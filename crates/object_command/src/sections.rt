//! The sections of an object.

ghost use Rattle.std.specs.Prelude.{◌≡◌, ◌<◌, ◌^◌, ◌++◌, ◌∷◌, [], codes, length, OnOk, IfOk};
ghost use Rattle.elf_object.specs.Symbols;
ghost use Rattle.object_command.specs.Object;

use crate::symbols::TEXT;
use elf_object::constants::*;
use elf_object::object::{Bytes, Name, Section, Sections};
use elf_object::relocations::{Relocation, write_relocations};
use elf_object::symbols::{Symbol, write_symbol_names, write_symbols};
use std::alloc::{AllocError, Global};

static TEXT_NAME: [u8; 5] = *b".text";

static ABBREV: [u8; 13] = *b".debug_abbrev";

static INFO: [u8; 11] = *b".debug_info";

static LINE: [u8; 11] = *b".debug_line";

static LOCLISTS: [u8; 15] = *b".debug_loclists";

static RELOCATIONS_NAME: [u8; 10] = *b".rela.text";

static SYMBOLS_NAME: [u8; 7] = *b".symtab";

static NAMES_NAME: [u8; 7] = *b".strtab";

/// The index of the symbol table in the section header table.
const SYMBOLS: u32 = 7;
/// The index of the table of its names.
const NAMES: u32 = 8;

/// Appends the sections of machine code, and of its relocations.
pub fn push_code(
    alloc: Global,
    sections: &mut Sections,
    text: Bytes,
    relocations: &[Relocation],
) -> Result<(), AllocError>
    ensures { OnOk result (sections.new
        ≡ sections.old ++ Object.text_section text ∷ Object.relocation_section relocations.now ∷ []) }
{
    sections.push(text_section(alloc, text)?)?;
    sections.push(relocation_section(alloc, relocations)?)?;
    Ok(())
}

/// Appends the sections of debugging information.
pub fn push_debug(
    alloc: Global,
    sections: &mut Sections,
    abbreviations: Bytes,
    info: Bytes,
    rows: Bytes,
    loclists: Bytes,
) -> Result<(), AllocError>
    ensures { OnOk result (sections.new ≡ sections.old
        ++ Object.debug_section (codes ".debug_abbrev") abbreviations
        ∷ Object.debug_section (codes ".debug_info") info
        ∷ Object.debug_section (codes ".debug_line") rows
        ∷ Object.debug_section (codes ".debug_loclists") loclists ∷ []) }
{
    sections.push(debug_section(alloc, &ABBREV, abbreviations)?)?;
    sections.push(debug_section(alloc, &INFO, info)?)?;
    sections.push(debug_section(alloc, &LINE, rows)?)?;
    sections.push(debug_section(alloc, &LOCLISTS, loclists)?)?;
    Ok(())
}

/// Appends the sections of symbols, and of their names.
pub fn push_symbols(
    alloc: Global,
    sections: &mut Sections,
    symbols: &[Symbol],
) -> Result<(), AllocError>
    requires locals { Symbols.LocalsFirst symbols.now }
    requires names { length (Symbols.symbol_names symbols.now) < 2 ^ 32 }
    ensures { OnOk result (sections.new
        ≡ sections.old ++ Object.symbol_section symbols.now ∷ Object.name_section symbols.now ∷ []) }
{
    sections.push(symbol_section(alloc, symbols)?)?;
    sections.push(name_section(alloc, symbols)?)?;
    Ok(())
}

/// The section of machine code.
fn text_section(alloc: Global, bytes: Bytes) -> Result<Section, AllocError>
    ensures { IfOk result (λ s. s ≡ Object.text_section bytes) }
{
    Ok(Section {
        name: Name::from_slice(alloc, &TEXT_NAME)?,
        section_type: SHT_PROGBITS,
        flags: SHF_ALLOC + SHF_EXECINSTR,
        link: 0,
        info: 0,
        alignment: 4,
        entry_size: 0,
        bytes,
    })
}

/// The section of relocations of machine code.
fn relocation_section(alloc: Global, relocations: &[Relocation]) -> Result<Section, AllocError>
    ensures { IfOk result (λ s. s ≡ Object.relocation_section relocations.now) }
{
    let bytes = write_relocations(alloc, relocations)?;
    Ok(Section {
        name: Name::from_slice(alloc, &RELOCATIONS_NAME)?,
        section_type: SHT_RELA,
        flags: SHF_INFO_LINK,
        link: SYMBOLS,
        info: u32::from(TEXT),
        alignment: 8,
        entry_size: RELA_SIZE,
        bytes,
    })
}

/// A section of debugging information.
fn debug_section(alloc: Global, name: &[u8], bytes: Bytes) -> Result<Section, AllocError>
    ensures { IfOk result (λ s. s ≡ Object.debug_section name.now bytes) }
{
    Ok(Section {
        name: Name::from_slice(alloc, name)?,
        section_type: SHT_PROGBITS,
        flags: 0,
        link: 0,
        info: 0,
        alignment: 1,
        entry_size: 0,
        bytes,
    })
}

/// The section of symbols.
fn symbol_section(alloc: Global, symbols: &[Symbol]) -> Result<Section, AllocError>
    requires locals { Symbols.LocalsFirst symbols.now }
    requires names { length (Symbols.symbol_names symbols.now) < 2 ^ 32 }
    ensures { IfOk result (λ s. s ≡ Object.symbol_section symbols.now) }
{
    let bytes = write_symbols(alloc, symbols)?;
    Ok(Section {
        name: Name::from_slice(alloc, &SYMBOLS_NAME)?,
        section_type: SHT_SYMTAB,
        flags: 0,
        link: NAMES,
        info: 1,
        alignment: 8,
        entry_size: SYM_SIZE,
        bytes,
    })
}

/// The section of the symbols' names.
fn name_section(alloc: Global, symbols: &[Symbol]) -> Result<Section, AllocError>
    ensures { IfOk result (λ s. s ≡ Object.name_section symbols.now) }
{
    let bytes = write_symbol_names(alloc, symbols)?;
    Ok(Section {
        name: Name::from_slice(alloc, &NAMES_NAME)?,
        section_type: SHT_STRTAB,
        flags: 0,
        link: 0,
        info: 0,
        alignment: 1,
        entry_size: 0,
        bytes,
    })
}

────────────────

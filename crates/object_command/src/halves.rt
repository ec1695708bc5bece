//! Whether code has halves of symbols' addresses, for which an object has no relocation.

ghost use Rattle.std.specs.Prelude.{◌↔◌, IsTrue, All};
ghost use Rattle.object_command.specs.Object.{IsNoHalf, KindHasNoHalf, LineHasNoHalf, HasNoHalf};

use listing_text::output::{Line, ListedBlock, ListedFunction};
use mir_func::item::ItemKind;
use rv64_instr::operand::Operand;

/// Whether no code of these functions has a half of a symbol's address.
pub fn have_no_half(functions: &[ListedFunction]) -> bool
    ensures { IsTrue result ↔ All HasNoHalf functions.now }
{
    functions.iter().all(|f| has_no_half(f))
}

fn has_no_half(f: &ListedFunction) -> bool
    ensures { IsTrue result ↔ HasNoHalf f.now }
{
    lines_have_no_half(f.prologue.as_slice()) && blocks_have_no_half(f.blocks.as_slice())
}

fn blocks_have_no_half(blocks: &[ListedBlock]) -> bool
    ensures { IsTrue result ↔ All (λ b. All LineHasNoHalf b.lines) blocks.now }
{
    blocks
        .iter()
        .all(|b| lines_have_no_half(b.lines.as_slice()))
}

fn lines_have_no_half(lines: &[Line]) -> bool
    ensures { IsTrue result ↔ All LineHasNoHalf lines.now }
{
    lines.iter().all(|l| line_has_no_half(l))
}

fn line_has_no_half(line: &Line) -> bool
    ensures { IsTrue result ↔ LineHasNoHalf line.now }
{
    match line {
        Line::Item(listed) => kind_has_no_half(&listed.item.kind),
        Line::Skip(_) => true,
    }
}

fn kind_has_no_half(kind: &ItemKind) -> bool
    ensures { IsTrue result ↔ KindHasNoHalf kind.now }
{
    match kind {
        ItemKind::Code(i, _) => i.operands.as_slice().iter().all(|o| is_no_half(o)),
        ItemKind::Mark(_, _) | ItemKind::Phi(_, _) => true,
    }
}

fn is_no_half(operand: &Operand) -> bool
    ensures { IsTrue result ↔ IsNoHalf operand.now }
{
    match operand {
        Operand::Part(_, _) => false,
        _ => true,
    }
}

────────────────

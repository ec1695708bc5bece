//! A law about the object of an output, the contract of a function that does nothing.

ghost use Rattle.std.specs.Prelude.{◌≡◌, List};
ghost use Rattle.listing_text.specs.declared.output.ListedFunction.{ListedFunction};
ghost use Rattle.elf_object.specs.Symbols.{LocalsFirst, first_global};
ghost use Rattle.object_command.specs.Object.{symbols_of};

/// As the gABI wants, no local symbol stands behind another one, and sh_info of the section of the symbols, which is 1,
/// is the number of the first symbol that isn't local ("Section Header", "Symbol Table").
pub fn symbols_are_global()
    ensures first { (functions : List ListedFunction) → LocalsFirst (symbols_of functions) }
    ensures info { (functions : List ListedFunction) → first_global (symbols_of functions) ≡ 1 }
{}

────────────────

# [Problem to solve]
What do the lines above say from the one containing "static ABBREV: [u8;" down to the one containing "section header table."? Return them exactly, both end lines included, and only them.

# [Output for this exercise]
static ABBREV: [u8; 13] = *b".debug_abbrev";

static INFO: [u8; 11] = *b".debug_info";

static LINE: [u8; 11] = *b".debug_line";

static LOCLISTS: [u8; 15] = *b".debug_loclists";

static RELOCATIONS_NAME: [u8; 10] = *b".rela.text";

static SYMBOLS_NAME: [u8; 7] = *b".symtab";

static NAMES_NAME: [u8; 7] = *b".strtab";

/// The index of the symbol table in the section header table.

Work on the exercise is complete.